» PROBLEM TO WORK ON
In the records below, find the line containing "pub mod choose;"; copy exactly that line and all lines after it to the end, and nothing else.

» INFORMATION SUPPLIED
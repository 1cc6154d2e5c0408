// The text of a selection: how many nodes, how many selected, the first and the last, and the first twelve.
ghost use Rattle.std.specs.Prelude.{◌≡◌, ◌++◌, IfOk, OnOk, string_bytes};
ghost use Rattle.tally.specs.Reaches.{reach, leading_of};
ghost use Rattle.choosing.specs.Printed.{counts_text, ends_text, numbers_text, report_text};

use std::alloc::{AllocError, Global};
use tally::count::Count;
use tally::extent::{Ends, Extent};
use tally::leading::LeadingTwelve;

// Adds `from A to B`.
fn add_ends(text: &mut String, extent: Extent) -> Result<(), AllocError>
    ensures { OnOk result (string_bytes text.new ≡ string_bytes text.old ++ ends_text (reach extent)) }
{
    match extent {
        None => text.push_str("from - to -\n"),
        Some(Ends { first, last }) => writeln!(text, "from {first} to {last}"),
    }
}

// Adds a line for each number.
fn add_numbers(text: &mut String, nodes: &[u16]) -> Result<(), AllocError>
    ensures { OnOk result (string_bytes text.new ≡ string_bytes text.old ++ numbers_text nodes.now) }
{
    for node in nodes {
        writeln!(text, "{node}")?;
    }
    Ok(())
}

// The whole text.
pub(crate) fn report(
    heap: Global,
    nodes: usize,
    selected: Count,
    extent: Extent,
    leading: LeadingTwelve,
) -> Result<String, AllocError>
    ensures { IfOk result (λ s. string_bytes s ≡ report_text nodes selected.count (reach extent) (leading_of leading).numbers (leading_of leading).more) }
{
    let selected = selected.count;
    let mut text = format!(in heap; "nodes {nodes}\nselected {selected}\n")?;
    add_ends(&mut text, extent)?;
    add_numbers(&mut text, leading.nodes())?;
    text.push_str(if leading.more() {
        "more\nend\n"
    } else {
        "end\n"
    })?;
    Ok(text)
}
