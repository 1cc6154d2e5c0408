// From the bytes of a feed and a query to the text that is printed.
#![tactic(auto)]

pub mod choose;
pub mod chosen;
mod memory;
mod report;
mod select_text;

» SOLUTION FOR THIS TASK
pub mod choose;
pub mod chosen;
mod memory;
mod report;
mod select_text;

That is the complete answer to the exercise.